Primary aldosteronism (PA) is a major cause of secondary hypertension [1]. Detection of PA is critical because hyperaldosteronism increases the prevalence of cardiovascular complications and metabolic syndrome independent of blood pressure [2,3]. A plasma aldosterone concentration (PAC)/plasma renin activity (PRA) ratio (ARR) is generally used to screen hypertensive patients and confirmatory tests are subsequently performed to make PA diagnosis [1,4]. Adrenal venous sampling (AVS) is needed to clarify the laterality of hyperaldosteronism when patients meet the criteria of PA and they wish the surgical treatment if possible [1,4,5]. However, AVS has several disadvantages including invasiveness, high cost, and difficulty to perform the procedure.
Adrenocorticotropin (ACTH) is a well-known regulator of aldosterone synthesis and secretion as well as angiotensin II and serum potassium levels [6]. ACTH stimulation test (AST) was first established in 1978 [7], when it was shown that PAC responsiveness to ACTH stimulation in PA patients was significantly higher than in essential hypertensive subjects. More recently, studies have assessed the diagnostic accuracy of AST for PA and/or PA subtypes [8,9,10]. However, some studies performed AST during 1-mg dexamethasone suppression (DS) in order to eliminate the action of endogenous ACTH [8,9] while others did not [10]. The effect of 1-mg DS on AST is unclear and assessing this effect is important to perform and precisely evaluate the results of AST. The aim of our study was to elucidate whether PAC responsiveness to ACTH stimulation and the diagnostic accuracy of PA and/or PA subtypes differ between AST with and that without 1-mg DS.

2. Results

The clinical characteristics of the 48 patients (Unilateral-PA, 13; Bilateral-PA, 17; Non-PA, 18) in our study are shown in Table 1. The median age (interquartile range) was 49.2 (43.4–56.5) years and 14 patients (29.2%) were male. The PA group showed higher blood pressure compared with the Non-PA group. The Unilateral-PA (U-PA) group had lower potassium levels and higher urinary potassium excretion than the Bilateral-PA (B-PA) and Non-PA groups.

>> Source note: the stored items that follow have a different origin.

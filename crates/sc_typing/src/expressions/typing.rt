//! What is found of expressions.

ghost use Rattle.std.specs.Prelude.{◌≡◌, ◌||◌};
ghost use Rattle.sc_rules.specs.Typing as spec;
ghost use Rattle.sc_rules.specs.Judging as judging;
ghost use Rattle.sc_typing.specs.Views.{judged_in, typing_of};
ghost use Rattle.sc_typing.specs.Judges as judges;
ghost use Rattle.sc_typing.specs.Judges.{Judges, fault_kept};

use crate::declarations::types::is_foreign;
use crate::expressions::operators::{binary_result, unary_result};
use crate::expressions::positions::{is_ensure, is_require};
use crate::fault::{CheckFault, refusal, required};
use sc_rules::entity_types::EntityType;
use sc_rules::{Context, Fault, Rule};
use sc_text::Span;
use sc_tree::{BinaryOperator, UnaryOperator};

/// What is found of an expression in which no rule fails.
#[derive(Clone, Copy)]
pub struct Typing {
    /// Its type, or none if a declaration that it depends on is faulty.
    pub entity_type: Option<EntityType>,
    /// Whether a separate call is made in it.
    pub is_separate: bool,
}

/// An actual of a call.
#[derive(Clone, Copy)]
pub struct JudgedActual {
    /// Its place.
    pub span: Span,
    /// What is found of it, or the rule that fails in it.
    pub judged: Result<Typing, Fault>,
}

/// Of this type, with no separate call.
pub fn simple_typing(entity_type: EntityType) -> Typing
    ensures { typing_of result ≡ spec.simple_typing entity_type }
{
    Typing {
        entity_type: Some(entity_type),
        is_separate: false,
    }
}

/// Whether a separate call is made in one of two parts.
pub fn is_either_separate(one: bool, other: bool) -> bool
    ensures { result ≡ one || other }
{
    one || other
}

/// Whether a call is separate whose target has this type, if it has one.
pub fn is_foreign_type(target: Option<EntityType>) -> bool
    ensures { result ≡ spec.is_foreign_type target }
{
    match target {
        None => false,
        Some(target) => is_foreign(target.tag),
    }
}

/// Whether it is no reference, as far as there is a type.
pub fn is_value(actual: Option<EntityType>) -> bool
    ensures { result ≡ spec.is_value actual }
{
    match actual {
        None => true,
        Some(actual) => actual.is_expanded(),
    }
}

/// Whether a call with a target of this type may pass an actual of that type: in a precondition a separate call passes
/// no references.
pub fn may_pass(context: Context, target: Option<EntityType>, actual: Option<EntityType>) -> bool
    ensures { result ≡ judging.may_pass context target actual }
{
    !(is_require(context) && is_foreign_type(target)) || is_value(actual)
}

/// Whether `old` is in a postcondition and makes no separate call.
fn old_stands(context: Context, operator: UnaryOperator, operand: Typing) -> bool
    ensures { result ≡ spec.old_stands context operator (typing_of operand) }
{
    !operator.is_old() || (is_ensure(context) && !operand.is_separate)
}

/// Judges an operation, if its operator takes its operands.
fn judge_operation(
    span: Span,
    is_separate: bool,
    given: Option<Option<EntityType>>,
) -> Result<Typing, CheckFault>
    ensures { Judges typing_of (judging.judge_operation span is_separate given) result }
{
    match given {
        None => Err(refusal(Rule::OperatorType, span)),
        Some(entity_type) => Ok(Typing {
            entity_type,
            is_separate,
        }),
    }
}

/// Judges a unary operator, after its operand.
pub fn judge_unary(
    context: Context,
    span: Span,
    operator: UnaryOperator,
    operand: Typing,
) -> Result<Typing, CheckFault>
    ensures { Judges typing_of (judges.judge_unary context span operator (typing_of operand)) result }
{
    required(old_stands(context, operator, operand), Rule::OldPlace, span)?;
    let given = unary_result(operator, operand.entity_type);
    judge_operation(span, operand.is_separate, given)
}

/// Judges a binary operator, after its operands.
pub fn judge_binary(
    span: Span,
    operator: BinaryOperator,
    left: Typing,
    right: Typing,
) -> Result<Typing, CheckFault>
    ensures { Judges typing_of (judges.judge_binary span operator (typing_of left) (typing_of right)) result }
{
    let given = binary_result(operator, left.entity_type, right.entity_type);
    judge_operation(
        span,
        is_either_separate(left.is_separate, right.is_separate),
        given,
    )
}

/// The type of Result, in a function.
pub fn judge_result(
    span: Span,
    given: Option<Option<EntityType>>,
) -> Result<Option<EntityType>, CheckFault>
    ensures { Judges (λ t. t) (judging.judge_result span given) result }
{
    match given {
        None => Err(refusal(Rule::ResultType, span)),
        Some(given) => Ok(given),
    }
}

/// The type that is found, if one is.
pub fn judged_type(judged: Result<Typing, Fault>) -> Option<EntityType>
    ensures { result ≡ judging.judged_type (judged_in judged) }
{
    match judged {
        Err(_) => None,
        Ok(typing) => typing.entity_type,
    }
}

/// What is found, with its fault as that of the check.
pub fn as_check_result(judged: Result<Typing, Fault>) -> Result<Typing, CheckFault>
    ensures { Judges typing_of (judged_in judged) result }
{
    match judged {
        Err(fault) => Err(CheckFault::Refused(fault)),
        Ok(typing) => Ok(typing),
    }
}

/// What is found, with its fault kept for later, unless no memory was left.
pub fn keep_fault(judged: Result<Typing, CheckFault>) -> Result<Result<Typing, Fault>, CheckFault>
    ensures { result ≡ fault_kept judged }
{
    match judged {
        Err(CheckFault::OutOfMemory) => Err(CheckFault::OutOfMemory),
        Err(CheckFault::Refused(fault)) => Ok(Err(fault)),
        Ok(typing) => Ok(Ok(typing)),
    }
}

2.1. Aldosterone Responsiveness to ACTH Stimulation with and without Dexamethasone Suppression

There was no significant difference in PAC responsiveness to ACTH stimulation between single (AST alone) and combined (AST under 1-mg DS) tests in any group (Table 2). The maximum value of PAC following AST in the U-PA group was approximately three times and twice that observed in the Non-PA and B-PA group, respectively. This trend was observed regardless of whether AST was conducted under 1-mg DS or not. Cortisol (F) responsiveness to ACTH stimulation was higher at both 30 and 60 min in the single test than the combined test (Table 2). There were significant differences of the increase ratio of PAC (30/0 min) and the PAC/F ratio (30, 60 min) between these two tests only in the U-PA group (Table A1). A significant positive linear relationship was observed between the log of PAC values for the single test and those for the combined test (Figure 1A). We found similar results when we restricted the patients to those diagnosed with PA (Figure 1B).

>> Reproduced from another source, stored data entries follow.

//! The types that operators take (ECMA-367, 8.28).

ghost use Rattle.std.specs.Prelude.{◌≡◌};
ghost use Rattle.sc_rules.specs.Types as types;

use sc_class::ClassId;
use sc_rules::entity_types::EntityType;
use sc_tree::{BinaryOperator, UnaryOperator};

/// Whether it is the class of numbers.
fn is_integer(class: ClassId) -> bool
    ensures { result ≡ types.is_integer class }
{
    match class {
        ClassId::Integer => true,
        ClassId::Boolean | ClassId::Any | ClassId::None | ClassId::Declared(_) => false,
    }
}

/// Whether it is the class of truth values.
pub fn is_boolean(class: ClassId) -> bool
    ensures { result ≡ types.is_boolean class }
{
    match class {
        ClassId::Boolean => true,
        ClassId::Integer | ClassId::Any | ClassId::None | ClassId::Declared(_) => false,
    }
}

/// Whether `=` takes values of these classes: numbers, truth values or references on both sides.
fn is_comparable(left: ClassId, right: ClassId) -> bool
    ensures { result ≡ types.is_comparable left right }
{
    match left {
        ClassId::Integer => is_integer(right),
        ClassId::Boolean => is_boolean(right),
        ClassId::Any | ClassId::None | ClassId::Declared(_) => !right.is_expanded(),
    }
}

/// The type of an operation, if the operator takes its operands.
fn gives_if(holds: bool, given: EntityType) -> Option<EntityType>
    ensures { result ≡ types.gives_if holds given }
{
    if holds { Some(given) } else { None }
}

/// The result of a unary operator with an operand of this type: none if it doesn't take it.
fn unary_type(operator: UnaryOperator, operand: EntityType) -> Option<EntityType>
    ensures { result ≡ types.unary_type operator operand }
{
    match operator {
        UnaryOperator::Old => Some(operand),
        UnaryOperator::Not => gives_if(is_boolean(operand.class), EntityType::boolean()),
        UnaryOperator::Plus | UnaryOperator::Minus => {
            gives_if(is_integer(operand.class), EntityType::integer())
        }
    }
}

/// INTEGER, where both operands are.
fn arithmetic(left: EntityType, right: EntityType) -> Option<EntityType>
    ensures { result ≡ types.arithmetic left right }
{
    gives_if(
        is_integer(left.class) && is_integer(right.class),
        EntityType::integer(),
    )
}

/// BOOLEAN, where both operands are INTEGER.
fn order(left: EntityType, right: EntityType) -> Option<EntityType>
    ensures { result ≡ types.order left right }
{
    gives_if(
        is_integer(left.class) && is_integer(right.class),
        EntityType::boolean(),
    )
}

/// BOOLEAN, where both operands are.
fn logic(left: EntityType, right: EntityType) -> Option<EntityType>
    ensures { result ≡ types.logic left right }
{
    gives_if(
        is_boolean(left.class) && is_boolean(right.class),
        EntityType::boolean(),
    )
}

/// BOOLEAN, where the operands can be compared by `=`.
fn equality(left: EntityType, right: EntityType) -> Option<EntityType>
    ensures { result ≡ types.equality left right }
{
    gives_if(
        is_comparable(left.class, right.class),
        EntityType::boolean(),
    )
}

/// The result of a binary operator with operands of these types: none if it doesn't take them.
fn binary_type(operator: BinaryOperator, left: EntityType, right: EntityType) -> Option<EntityType>
    ensures { result ≡ types.binary_type operator left right }
{
    match operator {
        BinaryOperator::Times | BinaryOperator::Quotient | BinaryOperator::Remainder => {
            arithmetic(left, right)
        }
        BinaryOperator::Plus | BinaryOperator::Minus => arithmetic(left, right),
        BinaryOperator::Equal | BinaryOperator::NotEqual => equality(left, right),
        BinaryOperator::Less | BinaryOperator::Greater => order(left, right),
        BinaryOperator::LessEqual | BinaryOperator::GreaterEqual => order(left, right),
        BinaryOperator::And | BinaryOperator::AndThen => logic(left, right),
        BinaryOperator::Or | BinaryOperator::OrElse => logic(left, right),
        BinaryOperator::Xor | BinaryOperator::Implies => logic(left, right),
    }
}

/// What an object test gives where the tested expression has this type, if it has one.
pub fn test_result(tested: Option<EntityType>) -> Option<EntityType>
    ensures { result ≡ types.test_result tested }
{
    match tested {
        None => None,
        Some(_) => Some(EntityType::boolean()),
    }
}

/// The result of an operator whose operand has this type, if it has one: none if the operator doesn't take it.
pub fn unary_result(
    operator: UnaryOperator,
    operand: Option<EntityType>,
) -> Option<Option<EntityType>>
    ensures { result ≡ types.unary_result operator operand }
{
    match operand {
        None => Some(None),
        Some(operand) => match unary_type(operator, operand) {
            None => None,
            Some(given) => Some(Some(given)),
        },
    }
}

/// The result of an operator whose operands have these types, if they have any: none if the operator doesn't take
/// them.
pub fn binary_result(
    operator: BinaryOperator,
    left: Option<EntityType>,
    right: Option<EntityType>,
) -> Option<Option<EntityType>>
    ensures { result ≡ types.binary_result operator left right }
{
    let Some(left) = left else {
        return Some(None);
    };
    let Some(right) = right else {
        return Some(None);
    };
    match binary_type(operator, left, right) {
        None => None,
        Some(given) => Some(Some(given)),
    }
}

2.2. Diagnostic Accuracy for PA and the Laterality of Hyperaldosteronism

The single and combined tests showed the similar highest diagnostic accuracy for PA following 30 min of ACTH stimulation (Table 3). Both single and combined tests could also differentiate between the group with lateralization ratio (LR) > 2.6 (LR defined as aldosterone to cortisol ratio from one adrenal gland divided by that from the other adrenal gland) and the group with LR ≤ 2.6 (Table 3). However, neither test could estimate the laterality of hyperaldosteronism as defined by the absolute value of the effluent aldosterone levels from super-selective ACTH loading AVS (SS-ACTH-AVS) (Table 3).

3. Discussion

We found that 1-mg DS did not affect the PAC responsiveness to ACTH stimulation. To the best of our knowledge, this is the first study to assess the effect of 1-mg DS on AST results within the same patient. These results raise two important considerations.
Firstly, it is feasible to disregard the effect of 1-mg DS and endogenous ACTH when assessing the PAC responsiveness to exogenous ACTH (25 IU) stimulation. ACTH stimulates aldosterone secretion acutely and transiently through activation in the circulatory system where 11β-hydroxysteroid dehydrogenase type 2 (11βHSD2) is highly expressed [11]. A previous study showed that aldosterone secretion was hypersensitive to even very low dose ACTH (0.003 IU) that was not sufficient to stimulate cortisol secretion [12]. In this context, it has been considered that AST might be a useful tool for PA diagnosis, and several studies have been conducted to clarify the diagnostic accuracy of AST for detecting PA and/or PA subtypes, particularly in Asia [8,9,10]. The majority of these studies performed AST under 1-mg DS in order to eliminate endogenous ACTH-mediated aldosterone hypersecretion [8,9]. However, there has been no evidence for the effect of 1-mg DS on AST results. Previous studies showed that saline-infusion and fludrocortisone tests had a higher positive ratio under 1-mg DS than when performed without 1-mg DS [13,14]. In the present study, we found no difference between single and combined tests when using much higher than physiological levels of ACTH according to the previous studies [9]. The effect of 1-mg DS and endogenous ACTH might be too little for the PAC responsiveness to 25 IU of exogenous ACTH. Meanwhile, we found the significant lower baseline of PAC, and the significant higher PAC/F ratio after the combined test than the single test in the U-PA group. Considering that aldosterone-producing adenoma (APA) had a higher responsiveness to ACTH stimulation than bilateral adrenal hyperplasia [15], we assumed that endogenous ACTH suppression during 1-mg DS might decrease the baseline of PAC and increase the PAC/F ratio in the U-PA group.
Secondly, AST under 1-mg DS may be an effective way to assess not only hyperaldosteronism but also hypercortisolism. Recent studies have suggested that approximately 10–20% cases of APA are complicated with subclinical Cushing’s syndrome [16,17]. Dexamethasone suppression test (DST) is the gold standard to evaluate the cortisol excess [18] and we routinely perform 1-mg DST when there is an adrenal tumor. The lack of significant difference between the results of the two tests in our study suggests that it may be possible to precisely assess PAC responsiveness to ACTH (30, 60 min) and cortisol suppression under 1-mg DS (0 min) at the same time in the combined test. This would reduce the number of required hospital visits to examine AST and 1-mg DST results, reducing the burden on both patients and healthcare providers.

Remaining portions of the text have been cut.